§ **WHAT YOU ARE ASKED TO DO**
The answer should contain every record below, output exactly.

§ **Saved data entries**
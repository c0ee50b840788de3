//! What a bus knows of its callers, and how it changes: the tables of the desk, the rights that
//! they give, and the plans of commands.
//!
//! ```text
//!   desk ---> rights, tables ---> what kd_messages and kd_desk make a plan of
//!    ^                                             |
//!    +------- finish <--- answers <--- parts <-----+
//! ```
//!
//! The tables of `Desk` and the fields of `Plan` are open to the crates above, which read the ones
//! and make the others. `finishing` makes the change of a plan, by what its visits were answered.
#![tactic(auto)]

mod change;
mod content;
mod desk;
mod finishing;
mod part;
mod plan;
mod rights;

pub use change::{Brought, Change};
pub use content::Content;
pub use desk::{Desk, SEATS};
pub use part::{Out, Part};
pub use plan::Plan;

§ **EXPECTED ANSWER**
repository c0ee50b840788de3
//! What a bus knows of its callers, and how it changes: the tables of the desk, the rights that
//! they give, and the plans of commands.
//!
//! ```text
//!   desk ---> rights, tables ---> what kd_messages and kd_desk make a plan of
//!    ^                                             |
//!    +------- finish <--- answers <--- parts <-----+
//! ```
//!
//! The tables of `Desk` and the fields of `Plan` are open to the crates above, which read the ones
//! and make the others. `finishing` makes the change of a plan, by what its visits were answered.
#![tactic(auto)]

mod change;
mod content;
mod desk;
mod finishing;
mod part;
mod plan;
mod rights;

pub use change::{Brought, Change};
pub use content::Content;
pub use desk::{Desk, SEATS};
pub use part::{Out, Part};
pub use plan::Plan;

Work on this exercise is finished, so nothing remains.